**Data section:**
________________________
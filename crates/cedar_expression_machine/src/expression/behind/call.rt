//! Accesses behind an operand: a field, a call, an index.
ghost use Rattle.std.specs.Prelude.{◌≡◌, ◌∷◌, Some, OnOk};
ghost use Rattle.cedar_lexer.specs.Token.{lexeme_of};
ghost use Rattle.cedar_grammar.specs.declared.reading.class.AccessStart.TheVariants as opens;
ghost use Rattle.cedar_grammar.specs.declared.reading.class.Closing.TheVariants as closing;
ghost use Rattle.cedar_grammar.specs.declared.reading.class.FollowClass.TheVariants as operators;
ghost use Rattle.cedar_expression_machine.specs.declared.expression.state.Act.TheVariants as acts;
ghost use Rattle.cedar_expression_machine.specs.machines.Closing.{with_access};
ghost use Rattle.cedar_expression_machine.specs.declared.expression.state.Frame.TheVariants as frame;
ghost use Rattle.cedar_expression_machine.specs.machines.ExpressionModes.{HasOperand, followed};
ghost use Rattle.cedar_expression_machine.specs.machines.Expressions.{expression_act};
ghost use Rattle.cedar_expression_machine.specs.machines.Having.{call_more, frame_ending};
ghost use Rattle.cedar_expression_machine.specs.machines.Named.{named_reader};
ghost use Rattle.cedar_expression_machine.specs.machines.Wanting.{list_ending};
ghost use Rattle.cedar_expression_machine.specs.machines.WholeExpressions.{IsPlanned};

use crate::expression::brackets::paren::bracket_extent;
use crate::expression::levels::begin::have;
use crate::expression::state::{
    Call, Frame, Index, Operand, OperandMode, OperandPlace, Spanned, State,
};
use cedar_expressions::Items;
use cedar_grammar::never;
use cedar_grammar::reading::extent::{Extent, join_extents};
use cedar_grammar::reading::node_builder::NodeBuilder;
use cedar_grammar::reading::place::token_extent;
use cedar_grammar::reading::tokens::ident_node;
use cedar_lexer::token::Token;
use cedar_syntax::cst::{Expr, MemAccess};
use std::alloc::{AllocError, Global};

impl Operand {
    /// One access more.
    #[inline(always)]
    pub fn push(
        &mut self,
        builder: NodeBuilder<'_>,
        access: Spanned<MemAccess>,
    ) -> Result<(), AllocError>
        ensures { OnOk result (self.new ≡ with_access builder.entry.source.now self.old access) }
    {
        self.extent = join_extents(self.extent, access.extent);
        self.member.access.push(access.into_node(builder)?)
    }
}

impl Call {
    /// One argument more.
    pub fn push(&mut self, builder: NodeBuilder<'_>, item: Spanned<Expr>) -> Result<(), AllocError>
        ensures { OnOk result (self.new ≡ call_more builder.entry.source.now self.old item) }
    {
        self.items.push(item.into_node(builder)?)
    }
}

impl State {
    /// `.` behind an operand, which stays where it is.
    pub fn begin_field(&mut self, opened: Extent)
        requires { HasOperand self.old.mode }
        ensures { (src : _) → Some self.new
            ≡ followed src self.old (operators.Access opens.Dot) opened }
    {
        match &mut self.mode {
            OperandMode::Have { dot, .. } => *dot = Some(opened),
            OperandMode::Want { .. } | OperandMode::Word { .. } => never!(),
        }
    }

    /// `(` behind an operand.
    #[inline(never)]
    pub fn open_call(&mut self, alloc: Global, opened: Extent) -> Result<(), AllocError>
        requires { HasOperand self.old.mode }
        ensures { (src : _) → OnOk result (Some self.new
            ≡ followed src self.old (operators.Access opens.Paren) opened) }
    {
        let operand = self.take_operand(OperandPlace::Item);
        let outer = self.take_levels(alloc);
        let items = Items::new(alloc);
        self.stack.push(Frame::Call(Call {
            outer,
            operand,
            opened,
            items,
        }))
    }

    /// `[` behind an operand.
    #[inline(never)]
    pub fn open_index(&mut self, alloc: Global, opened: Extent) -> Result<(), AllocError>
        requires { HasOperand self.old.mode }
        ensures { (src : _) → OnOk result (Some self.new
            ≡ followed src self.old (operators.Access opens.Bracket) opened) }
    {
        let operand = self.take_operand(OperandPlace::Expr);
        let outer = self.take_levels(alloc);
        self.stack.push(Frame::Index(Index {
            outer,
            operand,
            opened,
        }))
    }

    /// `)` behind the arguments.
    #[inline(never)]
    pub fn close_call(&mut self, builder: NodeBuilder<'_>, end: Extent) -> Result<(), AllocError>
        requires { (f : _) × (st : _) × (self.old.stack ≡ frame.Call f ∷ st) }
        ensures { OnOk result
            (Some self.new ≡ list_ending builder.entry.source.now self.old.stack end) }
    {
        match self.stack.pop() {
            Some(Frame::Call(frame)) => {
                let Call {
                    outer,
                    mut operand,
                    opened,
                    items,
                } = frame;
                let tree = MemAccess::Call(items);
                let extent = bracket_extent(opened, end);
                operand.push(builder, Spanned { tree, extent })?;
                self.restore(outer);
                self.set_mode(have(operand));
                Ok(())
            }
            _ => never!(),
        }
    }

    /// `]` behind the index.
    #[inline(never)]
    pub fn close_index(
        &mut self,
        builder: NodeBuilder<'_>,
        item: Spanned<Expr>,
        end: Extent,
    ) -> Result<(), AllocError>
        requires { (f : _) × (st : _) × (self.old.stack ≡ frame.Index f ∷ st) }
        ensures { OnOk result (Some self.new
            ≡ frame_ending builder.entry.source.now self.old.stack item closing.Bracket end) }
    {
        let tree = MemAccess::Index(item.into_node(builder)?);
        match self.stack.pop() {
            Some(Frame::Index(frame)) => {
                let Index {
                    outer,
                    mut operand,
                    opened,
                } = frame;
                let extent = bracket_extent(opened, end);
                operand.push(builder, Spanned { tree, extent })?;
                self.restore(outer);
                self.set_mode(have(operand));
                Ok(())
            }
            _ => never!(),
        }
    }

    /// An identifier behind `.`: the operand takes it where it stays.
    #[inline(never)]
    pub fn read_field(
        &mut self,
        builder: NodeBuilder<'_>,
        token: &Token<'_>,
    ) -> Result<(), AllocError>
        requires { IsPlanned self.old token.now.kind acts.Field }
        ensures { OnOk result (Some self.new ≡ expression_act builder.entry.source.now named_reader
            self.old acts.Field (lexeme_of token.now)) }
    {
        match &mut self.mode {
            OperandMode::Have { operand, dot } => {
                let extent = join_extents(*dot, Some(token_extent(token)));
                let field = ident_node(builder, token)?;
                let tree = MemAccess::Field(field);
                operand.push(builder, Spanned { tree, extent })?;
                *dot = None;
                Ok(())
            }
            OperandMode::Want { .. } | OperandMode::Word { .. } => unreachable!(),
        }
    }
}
________________________
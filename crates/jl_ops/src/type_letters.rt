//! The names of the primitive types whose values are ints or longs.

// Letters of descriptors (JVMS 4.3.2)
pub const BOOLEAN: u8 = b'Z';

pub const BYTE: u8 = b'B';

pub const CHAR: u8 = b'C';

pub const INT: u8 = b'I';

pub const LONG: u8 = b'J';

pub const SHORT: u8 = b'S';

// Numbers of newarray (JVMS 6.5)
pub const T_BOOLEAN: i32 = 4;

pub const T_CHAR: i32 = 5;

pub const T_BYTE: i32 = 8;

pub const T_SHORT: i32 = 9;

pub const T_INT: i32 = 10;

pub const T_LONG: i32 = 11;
________________________
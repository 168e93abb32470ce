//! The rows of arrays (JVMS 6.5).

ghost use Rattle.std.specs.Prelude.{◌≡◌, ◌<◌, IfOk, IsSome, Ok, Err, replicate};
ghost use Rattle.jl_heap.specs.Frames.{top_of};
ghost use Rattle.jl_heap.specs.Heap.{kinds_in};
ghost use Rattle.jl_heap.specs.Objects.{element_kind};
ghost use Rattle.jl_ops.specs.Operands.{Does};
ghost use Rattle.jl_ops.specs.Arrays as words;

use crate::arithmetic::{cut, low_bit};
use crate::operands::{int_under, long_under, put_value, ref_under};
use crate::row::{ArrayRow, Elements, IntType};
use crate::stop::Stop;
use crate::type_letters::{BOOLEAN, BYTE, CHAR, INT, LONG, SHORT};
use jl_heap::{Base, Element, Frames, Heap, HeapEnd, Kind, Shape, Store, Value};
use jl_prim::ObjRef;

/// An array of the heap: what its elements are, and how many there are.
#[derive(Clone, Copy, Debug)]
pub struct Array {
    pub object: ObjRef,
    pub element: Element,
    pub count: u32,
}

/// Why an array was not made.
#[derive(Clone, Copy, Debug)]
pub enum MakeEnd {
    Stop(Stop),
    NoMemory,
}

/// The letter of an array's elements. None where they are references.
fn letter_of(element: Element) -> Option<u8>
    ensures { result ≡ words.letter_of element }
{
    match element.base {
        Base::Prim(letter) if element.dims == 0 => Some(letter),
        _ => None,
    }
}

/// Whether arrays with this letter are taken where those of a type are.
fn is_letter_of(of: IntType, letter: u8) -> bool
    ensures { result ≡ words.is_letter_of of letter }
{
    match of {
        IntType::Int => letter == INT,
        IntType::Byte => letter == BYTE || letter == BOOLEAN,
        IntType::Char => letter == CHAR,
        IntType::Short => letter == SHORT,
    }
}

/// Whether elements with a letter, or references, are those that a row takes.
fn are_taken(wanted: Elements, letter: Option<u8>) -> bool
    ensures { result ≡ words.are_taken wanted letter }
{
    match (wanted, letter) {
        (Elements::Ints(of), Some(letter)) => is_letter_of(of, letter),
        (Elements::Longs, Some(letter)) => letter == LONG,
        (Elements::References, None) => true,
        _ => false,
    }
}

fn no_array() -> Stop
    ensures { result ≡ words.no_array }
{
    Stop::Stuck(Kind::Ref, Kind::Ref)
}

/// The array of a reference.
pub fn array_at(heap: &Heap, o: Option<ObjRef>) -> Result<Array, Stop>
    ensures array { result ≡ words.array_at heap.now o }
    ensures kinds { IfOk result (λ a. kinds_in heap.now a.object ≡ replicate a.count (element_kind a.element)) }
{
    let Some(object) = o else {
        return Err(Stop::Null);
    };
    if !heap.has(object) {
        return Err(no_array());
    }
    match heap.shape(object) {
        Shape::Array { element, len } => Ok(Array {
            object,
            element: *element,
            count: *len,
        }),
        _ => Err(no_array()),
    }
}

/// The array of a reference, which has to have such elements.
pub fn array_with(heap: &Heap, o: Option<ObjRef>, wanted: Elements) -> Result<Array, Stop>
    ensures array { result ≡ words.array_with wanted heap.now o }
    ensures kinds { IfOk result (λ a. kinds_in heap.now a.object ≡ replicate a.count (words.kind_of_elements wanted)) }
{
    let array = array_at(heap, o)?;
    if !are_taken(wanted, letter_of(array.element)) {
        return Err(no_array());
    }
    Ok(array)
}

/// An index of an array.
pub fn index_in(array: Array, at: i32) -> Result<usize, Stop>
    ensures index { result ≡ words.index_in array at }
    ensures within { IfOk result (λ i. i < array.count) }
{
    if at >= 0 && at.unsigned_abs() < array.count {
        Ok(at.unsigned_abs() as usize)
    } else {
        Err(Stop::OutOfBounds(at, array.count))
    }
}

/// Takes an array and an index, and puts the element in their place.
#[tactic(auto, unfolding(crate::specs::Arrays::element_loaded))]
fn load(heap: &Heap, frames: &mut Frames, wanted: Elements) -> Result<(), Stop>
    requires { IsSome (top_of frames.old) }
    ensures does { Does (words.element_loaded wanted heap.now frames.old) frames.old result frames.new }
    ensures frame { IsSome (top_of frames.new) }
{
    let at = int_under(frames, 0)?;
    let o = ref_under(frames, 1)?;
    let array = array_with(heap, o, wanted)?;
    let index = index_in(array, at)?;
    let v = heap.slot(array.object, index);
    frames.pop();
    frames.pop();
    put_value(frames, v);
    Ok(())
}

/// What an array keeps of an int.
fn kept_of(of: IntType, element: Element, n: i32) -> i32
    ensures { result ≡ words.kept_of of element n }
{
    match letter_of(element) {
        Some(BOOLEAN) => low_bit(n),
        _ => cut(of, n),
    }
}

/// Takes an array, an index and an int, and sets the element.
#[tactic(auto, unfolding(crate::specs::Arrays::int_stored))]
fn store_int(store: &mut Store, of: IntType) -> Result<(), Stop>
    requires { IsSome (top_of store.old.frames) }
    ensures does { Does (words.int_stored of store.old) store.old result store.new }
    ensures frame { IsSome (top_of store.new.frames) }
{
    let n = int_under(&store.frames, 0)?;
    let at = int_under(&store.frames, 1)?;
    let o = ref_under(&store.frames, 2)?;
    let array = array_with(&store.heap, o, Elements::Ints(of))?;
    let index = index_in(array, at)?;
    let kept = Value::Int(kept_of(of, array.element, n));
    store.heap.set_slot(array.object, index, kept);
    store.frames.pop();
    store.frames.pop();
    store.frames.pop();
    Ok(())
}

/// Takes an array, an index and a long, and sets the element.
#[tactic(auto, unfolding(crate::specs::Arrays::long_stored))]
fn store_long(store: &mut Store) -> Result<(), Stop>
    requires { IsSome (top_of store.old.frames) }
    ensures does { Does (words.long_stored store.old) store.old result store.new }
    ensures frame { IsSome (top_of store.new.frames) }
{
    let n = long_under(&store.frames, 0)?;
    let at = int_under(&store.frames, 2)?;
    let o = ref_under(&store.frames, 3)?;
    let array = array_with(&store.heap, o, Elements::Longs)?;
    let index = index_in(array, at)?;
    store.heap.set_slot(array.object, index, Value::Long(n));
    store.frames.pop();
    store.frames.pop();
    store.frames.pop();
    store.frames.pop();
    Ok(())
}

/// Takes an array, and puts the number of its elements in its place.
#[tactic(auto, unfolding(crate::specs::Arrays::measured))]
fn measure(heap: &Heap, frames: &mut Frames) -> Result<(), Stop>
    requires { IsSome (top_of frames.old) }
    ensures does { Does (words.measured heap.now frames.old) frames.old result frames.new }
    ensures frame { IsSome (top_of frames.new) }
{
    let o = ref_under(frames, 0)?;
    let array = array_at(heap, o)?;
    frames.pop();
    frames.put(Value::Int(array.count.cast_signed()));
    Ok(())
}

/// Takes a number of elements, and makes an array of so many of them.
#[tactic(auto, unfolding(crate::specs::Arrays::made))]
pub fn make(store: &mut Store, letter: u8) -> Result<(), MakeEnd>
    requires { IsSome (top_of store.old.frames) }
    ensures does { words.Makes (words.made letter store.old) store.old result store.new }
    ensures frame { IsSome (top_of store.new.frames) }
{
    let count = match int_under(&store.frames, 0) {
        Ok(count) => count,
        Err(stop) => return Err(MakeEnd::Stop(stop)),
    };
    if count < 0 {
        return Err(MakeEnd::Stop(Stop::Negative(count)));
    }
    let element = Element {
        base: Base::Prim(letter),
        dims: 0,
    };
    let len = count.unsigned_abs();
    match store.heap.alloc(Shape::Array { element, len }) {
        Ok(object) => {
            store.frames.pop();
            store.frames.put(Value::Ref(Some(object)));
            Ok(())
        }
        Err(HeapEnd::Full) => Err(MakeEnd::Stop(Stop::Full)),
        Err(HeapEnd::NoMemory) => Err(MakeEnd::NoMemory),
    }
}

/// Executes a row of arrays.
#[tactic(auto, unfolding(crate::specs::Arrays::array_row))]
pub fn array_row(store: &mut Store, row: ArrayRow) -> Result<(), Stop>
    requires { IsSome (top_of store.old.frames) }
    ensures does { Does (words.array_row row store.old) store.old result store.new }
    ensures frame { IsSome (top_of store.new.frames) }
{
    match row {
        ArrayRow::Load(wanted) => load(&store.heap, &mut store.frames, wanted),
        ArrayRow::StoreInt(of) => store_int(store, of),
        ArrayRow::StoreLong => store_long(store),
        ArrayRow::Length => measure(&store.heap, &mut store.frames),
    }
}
________________________
**Exercise prompt:**
Beginning with the line that has "many there are." and ending with the line that has "a row takes.", set down the lines above exactly and include no others.

**Reply:**
/// An array of the heap: what its elements are, and how many there are.
#[derive(Clone, Copy, Debug)]
pub struct Array {
    pub object: ObjRef,
    pub element: Element,
    pub count: u32,
}

/// Why an array was not made.
#[derive(Clone, Copy, Debug)]
pub enum MakeEnd {
    Stop(Stop),
    NoMemory,
}

/// The letter of an array's elements. None where they are references.
fn letter_of(element: Element) -> Option<u8>
    ensures { result ≡ words.letter_of element }
{
    match element.base {
        Base::Prim(letter) if element.dims == 0 => Some(letter),
        _ => None,
    }
}

/// Whether arrays with this letter are taken where those of a type are.
fn is_letter_of(of: IntType, letter: u8) -> bool
    ensures { result ≡ words.is_letter_of of letter }
{
    match of {
        IntType::Int => letter == INT,
        IntType::Byte => letter == BYTE || letter == BOOLEAN,
        IntType::Char => letter == CHAR,
        IntType::Short => letter == SHORT,
    }
}

/// Whether elements with a letter, or references, are those that a row takes.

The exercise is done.